Records to use >>

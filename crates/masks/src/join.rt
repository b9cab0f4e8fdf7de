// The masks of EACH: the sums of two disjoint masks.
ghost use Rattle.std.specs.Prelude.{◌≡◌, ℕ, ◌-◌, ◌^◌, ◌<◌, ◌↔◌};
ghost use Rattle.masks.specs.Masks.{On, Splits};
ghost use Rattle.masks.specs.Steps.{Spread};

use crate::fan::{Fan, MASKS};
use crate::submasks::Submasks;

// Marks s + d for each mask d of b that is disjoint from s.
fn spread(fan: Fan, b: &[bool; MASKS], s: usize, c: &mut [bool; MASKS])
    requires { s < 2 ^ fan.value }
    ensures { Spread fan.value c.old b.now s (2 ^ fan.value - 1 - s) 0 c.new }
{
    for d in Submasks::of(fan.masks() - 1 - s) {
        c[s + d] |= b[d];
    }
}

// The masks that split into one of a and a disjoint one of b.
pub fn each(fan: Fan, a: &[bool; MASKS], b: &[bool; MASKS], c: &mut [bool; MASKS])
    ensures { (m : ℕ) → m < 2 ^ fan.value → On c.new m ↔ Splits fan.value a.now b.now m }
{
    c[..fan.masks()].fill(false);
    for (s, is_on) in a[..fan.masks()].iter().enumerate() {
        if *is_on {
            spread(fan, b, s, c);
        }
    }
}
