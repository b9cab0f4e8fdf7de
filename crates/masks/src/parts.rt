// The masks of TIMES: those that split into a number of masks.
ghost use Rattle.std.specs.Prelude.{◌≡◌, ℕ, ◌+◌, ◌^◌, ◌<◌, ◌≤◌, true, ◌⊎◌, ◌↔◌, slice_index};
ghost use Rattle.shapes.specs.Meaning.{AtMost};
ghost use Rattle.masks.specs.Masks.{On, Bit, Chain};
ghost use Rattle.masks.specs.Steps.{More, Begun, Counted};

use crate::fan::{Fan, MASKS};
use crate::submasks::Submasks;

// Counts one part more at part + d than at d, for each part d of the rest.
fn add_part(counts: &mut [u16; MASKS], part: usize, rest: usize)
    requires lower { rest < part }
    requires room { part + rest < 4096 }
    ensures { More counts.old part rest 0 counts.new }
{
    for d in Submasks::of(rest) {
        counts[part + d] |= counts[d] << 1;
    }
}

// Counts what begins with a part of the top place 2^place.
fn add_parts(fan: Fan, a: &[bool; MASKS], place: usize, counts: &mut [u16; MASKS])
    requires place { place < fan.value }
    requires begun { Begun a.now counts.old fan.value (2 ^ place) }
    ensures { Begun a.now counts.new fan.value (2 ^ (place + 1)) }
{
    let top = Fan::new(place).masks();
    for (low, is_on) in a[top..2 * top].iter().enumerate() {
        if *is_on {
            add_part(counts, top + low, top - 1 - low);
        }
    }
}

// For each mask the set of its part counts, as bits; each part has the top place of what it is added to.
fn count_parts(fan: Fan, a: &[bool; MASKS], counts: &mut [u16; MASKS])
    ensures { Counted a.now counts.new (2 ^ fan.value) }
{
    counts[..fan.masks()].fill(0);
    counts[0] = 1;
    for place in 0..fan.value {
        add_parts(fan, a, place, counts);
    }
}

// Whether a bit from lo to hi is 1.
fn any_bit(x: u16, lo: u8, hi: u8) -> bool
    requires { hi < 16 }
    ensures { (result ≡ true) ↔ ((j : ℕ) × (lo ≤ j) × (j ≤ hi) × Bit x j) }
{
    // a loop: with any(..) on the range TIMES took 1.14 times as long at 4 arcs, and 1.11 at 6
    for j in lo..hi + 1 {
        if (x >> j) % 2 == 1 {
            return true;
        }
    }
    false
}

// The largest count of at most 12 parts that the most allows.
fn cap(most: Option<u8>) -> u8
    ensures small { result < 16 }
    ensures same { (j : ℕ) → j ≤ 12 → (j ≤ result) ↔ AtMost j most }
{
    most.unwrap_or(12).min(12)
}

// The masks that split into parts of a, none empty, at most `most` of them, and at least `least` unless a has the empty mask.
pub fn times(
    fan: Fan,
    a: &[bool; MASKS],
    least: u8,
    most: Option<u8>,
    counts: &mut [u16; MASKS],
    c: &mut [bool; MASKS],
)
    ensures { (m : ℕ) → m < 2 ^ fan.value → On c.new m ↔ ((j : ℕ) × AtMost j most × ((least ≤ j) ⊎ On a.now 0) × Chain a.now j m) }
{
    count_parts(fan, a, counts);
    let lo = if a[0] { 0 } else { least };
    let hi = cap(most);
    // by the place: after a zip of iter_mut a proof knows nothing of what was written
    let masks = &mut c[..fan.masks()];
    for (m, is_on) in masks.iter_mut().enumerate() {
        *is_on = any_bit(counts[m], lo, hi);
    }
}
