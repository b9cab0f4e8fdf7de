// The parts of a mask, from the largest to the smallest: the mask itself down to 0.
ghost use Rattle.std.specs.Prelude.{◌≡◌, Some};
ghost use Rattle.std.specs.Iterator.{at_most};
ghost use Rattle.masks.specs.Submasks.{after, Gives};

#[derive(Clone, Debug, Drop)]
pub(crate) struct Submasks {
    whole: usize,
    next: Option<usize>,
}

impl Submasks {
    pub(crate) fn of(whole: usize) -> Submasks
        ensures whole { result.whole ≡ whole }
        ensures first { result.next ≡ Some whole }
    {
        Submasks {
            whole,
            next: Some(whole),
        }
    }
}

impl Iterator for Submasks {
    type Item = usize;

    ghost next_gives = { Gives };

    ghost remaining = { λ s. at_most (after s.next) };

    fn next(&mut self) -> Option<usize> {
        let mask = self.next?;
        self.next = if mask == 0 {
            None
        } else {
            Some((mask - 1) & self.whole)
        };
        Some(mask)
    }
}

---

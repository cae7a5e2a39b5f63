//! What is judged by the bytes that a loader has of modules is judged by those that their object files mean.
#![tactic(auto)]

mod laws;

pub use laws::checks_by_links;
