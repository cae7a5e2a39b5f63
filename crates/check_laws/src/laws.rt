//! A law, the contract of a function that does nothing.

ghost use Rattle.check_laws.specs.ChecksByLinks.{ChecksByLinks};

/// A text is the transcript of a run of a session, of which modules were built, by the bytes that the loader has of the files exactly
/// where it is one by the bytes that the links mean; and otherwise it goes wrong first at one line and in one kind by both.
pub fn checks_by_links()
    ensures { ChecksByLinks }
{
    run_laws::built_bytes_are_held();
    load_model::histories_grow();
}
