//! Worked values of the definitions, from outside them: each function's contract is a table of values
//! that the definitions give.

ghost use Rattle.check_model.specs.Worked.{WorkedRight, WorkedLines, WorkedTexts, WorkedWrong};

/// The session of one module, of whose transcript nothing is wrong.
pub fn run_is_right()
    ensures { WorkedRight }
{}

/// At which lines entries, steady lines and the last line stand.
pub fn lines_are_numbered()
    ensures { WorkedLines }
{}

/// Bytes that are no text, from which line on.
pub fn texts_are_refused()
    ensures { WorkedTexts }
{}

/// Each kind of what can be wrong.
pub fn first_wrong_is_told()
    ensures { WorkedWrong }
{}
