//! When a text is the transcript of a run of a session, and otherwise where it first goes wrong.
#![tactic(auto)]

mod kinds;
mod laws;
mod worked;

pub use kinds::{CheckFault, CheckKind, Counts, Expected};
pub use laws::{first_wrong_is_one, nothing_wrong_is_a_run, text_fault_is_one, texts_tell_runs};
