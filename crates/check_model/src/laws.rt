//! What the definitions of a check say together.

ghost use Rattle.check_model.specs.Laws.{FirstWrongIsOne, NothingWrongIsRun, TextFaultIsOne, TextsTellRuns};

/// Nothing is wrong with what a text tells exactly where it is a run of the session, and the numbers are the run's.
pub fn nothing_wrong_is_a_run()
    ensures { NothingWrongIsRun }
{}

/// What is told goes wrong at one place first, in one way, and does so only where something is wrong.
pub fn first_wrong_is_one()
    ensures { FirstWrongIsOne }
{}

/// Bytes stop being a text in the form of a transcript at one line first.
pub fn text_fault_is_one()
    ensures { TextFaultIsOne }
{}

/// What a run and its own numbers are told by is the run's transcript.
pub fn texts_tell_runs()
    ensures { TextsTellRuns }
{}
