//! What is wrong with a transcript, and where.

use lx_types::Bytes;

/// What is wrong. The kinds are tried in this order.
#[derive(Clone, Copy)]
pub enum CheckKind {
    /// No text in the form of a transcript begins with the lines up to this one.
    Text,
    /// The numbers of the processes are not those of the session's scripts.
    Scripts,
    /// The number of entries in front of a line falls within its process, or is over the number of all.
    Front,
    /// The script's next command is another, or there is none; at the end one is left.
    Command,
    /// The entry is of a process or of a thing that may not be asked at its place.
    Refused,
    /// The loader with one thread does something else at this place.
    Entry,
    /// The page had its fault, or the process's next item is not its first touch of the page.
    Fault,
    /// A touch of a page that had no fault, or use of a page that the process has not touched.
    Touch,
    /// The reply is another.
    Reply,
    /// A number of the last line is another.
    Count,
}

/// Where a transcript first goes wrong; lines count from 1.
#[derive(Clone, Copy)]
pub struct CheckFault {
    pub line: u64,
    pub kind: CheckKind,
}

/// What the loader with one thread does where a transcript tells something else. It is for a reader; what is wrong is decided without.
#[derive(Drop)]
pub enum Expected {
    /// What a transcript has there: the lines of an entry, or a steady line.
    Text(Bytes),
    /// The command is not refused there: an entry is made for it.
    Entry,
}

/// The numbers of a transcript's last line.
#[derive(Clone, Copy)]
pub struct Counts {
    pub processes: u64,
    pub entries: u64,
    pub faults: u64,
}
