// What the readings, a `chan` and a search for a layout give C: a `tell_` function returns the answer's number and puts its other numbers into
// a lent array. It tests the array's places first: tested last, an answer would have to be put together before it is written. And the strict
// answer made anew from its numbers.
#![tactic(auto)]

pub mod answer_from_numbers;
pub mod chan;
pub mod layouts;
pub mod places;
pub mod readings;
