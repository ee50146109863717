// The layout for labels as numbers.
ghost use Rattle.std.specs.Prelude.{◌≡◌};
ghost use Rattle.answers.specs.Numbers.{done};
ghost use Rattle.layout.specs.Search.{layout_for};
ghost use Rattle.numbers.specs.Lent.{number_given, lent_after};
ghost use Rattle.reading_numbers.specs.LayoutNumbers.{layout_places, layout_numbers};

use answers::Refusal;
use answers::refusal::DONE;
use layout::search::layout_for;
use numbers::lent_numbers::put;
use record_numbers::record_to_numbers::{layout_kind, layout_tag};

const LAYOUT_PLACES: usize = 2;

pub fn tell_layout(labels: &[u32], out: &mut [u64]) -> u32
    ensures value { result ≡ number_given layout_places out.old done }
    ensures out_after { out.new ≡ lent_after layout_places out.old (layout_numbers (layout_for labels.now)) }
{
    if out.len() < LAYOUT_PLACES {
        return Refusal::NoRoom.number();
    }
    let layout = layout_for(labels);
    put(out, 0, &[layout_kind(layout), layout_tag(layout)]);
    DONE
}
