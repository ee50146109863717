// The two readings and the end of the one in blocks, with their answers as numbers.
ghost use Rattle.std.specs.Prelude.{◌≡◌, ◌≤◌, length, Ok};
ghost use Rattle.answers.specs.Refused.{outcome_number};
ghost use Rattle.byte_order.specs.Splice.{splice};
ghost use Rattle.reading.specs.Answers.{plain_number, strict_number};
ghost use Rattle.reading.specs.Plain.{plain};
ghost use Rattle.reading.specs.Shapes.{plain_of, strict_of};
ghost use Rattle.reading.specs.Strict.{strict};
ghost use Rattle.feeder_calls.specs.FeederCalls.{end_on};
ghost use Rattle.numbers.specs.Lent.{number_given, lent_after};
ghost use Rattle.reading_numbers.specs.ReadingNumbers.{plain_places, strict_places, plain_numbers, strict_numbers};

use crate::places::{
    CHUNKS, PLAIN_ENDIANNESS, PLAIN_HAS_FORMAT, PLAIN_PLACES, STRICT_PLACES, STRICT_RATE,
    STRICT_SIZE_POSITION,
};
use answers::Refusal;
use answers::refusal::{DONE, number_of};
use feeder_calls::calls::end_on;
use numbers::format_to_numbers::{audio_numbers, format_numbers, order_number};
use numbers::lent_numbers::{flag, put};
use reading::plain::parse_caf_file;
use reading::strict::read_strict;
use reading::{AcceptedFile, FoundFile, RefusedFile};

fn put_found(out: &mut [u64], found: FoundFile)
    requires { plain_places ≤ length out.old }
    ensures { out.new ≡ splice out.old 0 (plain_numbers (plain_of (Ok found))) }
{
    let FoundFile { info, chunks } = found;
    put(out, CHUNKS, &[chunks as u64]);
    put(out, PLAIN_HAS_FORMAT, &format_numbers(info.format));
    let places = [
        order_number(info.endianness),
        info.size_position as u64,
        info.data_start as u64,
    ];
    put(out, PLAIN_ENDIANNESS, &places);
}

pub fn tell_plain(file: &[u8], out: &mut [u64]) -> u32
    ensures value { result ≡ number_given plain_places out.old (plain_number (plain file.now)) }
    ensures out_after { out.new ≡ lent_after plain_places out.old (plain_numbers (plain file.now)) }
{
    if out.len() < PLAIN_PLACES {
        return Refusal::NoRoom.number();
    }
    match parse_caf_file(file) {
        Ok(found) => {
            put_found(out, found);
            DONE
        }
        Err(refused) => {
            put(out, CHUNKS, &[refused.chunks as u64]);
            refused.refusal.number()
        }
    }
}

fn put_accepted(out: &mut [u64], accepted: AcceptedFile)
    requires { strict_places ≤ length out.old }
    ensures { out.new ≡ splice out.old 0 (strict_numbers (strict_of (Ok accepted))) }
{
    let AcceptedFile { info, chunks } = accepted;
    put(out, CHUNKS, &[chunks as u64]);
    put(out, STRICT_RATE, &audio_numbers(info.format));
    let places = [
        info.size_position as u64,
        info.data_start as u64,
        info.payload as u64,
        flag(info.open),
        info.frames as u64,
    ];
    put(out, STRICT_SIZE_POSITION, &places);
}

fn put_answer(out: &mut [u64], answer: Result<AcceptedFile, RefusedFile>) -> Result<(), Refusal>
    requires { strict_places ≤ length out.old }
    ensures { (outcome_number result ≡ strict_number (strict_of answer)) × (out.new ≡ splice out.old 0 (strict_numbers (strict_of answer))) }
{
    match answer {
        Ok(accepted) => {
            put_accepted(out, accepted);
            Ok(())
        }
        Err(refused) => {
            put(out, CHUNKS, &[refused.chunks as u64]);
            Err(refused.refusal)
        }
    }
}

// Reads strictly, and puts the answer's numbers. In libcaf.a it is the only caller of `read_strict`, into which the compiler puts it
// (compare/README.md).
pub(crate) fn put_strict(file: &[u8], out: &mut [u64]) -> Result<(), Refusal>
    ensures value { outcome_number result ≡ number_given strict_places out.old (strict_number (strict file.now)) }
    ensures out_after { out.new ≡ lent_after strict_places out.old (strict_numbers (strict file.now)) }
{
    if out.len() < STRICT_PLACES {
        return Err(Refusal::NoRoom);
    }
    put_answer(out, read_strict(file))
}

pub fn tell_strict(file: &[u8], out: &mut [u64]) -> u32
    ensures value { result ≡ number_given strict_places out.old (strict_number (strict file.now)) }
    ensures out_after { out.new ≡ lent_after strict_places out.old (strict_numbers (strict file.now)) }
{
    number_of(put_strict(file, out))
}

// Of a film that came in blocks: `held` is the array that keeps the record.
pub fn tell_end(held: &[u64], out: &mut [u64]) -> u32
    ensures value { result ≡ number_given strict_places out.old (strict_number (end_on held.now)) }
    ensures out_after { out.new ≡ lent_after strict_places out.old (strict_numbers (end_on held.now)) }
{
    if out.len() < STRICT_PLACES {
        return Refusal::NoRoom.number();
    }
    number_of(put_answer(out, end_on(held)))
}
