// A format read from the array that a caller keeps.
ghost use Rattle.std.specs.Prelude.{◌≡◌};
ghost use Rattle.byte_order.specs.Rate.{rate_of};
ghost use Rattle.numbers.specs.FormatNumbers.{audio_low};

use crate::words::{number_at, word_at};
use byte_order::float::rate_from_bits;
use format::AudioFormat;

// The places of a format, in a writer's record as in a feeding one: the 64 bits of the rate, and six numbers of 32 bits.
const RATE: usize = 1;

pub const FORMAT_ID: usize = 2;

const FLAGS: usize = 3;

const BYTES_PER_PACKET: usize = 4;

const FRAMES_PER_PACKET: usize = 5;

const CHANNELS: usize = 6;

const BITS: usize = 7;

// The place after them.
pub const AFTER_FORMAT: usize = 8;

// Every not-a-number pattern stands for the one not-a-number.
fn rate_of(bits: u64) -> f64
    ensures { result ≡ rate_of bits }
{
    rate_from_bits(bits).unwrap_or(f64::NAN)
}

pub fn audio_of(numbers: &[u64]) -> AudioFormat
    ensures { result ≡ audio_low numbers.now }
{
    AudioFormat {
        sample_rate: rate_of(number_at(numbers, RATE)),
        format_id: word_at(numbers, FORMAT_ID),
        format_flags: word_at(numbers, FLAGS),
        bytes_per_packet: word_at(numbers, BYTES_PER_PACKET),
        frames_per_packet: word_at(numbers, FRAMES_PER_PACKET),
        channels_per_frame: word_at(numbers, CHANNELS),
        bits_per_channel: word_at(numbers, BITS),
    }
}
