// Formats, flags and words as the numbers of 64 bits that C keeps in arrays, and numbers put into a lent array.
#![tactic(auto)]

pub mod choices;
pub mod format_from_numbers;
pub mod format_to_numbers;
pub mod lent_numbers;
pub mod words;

--

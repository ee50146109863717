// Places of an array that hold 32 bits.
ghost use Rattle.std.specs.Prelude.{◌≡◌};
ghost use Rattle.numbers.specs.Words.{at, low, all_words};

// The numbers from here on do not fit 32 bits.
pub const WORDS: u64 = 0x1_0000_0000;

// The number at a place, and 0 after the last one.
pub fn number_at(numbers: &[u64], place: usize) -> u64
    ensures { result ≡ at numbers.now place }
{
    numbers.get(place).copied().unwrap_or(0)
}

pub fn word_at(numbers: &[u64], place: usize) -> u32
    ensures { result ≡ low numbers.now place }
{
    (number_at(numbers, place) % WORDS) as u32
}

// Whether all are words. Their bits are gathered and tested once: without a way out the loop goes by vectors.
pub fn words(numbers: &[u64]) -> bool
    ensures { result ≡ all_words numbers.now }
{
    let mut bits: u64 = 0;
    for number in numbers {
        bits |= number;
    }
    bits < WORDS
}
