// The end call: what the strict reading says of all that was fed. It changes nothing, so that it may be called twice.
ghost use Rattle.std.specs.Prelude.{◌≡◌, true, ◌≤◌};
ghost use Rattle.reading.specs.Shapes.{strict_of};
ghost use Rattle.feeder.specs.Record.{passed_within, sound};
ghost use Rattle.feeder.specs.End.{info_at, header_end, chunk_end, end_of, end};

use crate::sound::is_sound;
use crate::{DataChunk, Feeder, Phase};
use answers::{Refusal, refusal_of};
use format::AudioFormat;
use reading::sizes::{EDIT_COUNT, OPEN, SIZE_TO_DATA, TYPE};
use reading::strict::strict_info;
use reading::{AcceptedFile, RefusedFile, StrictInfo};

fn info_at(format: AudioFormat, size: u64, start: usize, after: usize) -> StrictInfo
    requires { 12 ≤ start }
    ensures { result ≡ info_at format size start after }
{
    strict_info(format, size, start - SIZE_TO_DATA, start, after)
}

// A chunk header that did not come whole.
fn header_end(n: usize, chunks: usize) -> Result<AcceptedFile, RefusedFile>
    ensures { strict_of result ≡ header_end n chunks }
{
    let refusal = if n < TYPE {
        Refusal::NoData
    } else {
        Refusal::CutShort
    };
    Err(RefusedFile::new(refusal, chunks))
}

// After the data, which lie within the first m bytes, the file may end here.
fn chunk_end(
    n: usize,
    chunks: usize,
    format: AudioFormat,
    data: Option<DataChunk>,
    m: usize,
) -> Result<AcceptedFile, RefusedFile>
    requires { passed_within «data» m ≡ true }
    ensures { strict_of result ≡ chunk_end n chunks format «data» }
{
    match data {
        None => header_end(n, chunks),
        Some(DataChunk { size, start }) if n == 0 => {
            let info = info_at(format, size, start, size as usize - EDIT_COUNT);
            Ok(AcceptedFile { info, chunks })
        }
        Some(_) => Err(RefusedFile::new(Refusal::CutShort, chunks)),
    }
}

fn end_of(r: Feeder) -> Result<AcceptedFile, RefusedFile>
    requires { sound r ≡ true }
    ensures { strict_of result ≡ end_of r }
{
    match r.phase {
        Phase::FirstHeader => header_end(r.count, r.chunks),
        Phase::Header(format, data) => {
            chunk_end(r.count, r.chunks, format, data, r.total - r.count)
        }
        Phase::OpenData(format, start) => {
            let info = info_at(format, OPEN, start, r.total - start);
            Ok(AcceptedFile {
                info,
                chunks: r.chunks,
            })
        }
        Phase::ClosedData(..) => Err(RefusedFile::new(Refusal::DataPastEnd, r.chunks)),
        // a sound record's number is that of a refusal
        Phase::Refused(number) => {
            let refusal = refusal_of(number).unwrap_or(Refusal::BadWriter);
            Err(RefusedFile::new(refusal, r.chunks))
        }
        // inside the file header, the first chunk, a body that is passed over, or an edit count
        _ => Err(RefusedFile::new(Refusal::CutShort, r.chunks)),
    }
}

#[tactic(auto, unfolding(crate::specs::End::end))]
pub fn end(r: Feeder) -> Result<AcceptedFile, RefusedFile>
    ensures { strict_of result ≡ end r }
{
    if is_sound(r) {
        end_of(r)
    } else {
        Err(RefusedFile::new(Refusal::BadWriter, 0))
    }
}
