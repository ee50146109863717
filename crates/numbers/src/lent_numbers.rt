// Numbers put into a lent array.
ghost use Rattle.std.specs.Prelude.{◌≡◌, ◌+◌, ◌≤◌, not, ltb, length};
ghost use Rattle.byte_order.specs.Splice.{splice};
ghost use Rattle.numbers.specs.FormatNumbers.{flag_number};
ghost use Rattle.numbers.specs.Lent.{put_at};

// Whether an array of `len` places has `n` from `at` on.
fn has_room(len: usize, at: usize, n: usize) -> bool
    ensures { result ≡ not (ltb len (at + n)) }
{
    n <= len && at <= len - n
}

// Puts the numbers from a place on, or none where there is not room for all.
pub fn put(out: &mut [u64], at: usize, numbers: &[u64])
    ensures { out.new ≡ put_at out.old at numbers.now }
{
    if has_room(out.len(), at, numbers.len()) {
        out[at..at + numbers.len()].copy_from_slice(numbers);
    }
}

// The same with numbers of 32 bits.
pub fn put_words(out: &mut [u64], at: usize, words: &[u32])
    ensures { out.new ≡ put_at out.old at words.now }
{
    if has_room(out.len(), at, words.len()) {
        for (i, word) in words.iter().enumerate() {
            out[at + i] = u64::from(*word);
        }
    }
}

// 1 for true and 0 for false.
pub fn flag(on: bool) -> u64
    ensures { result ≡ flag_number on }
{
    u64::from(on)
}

What to do >> Go through the material above, and wherever a line holds the word "page", copy it.

Problem solution >>
    /// The page had its fault, or the process's next item is not its first touch of the page.
    /// A touch of a page that had no fault, or use of a page that the process has not touched.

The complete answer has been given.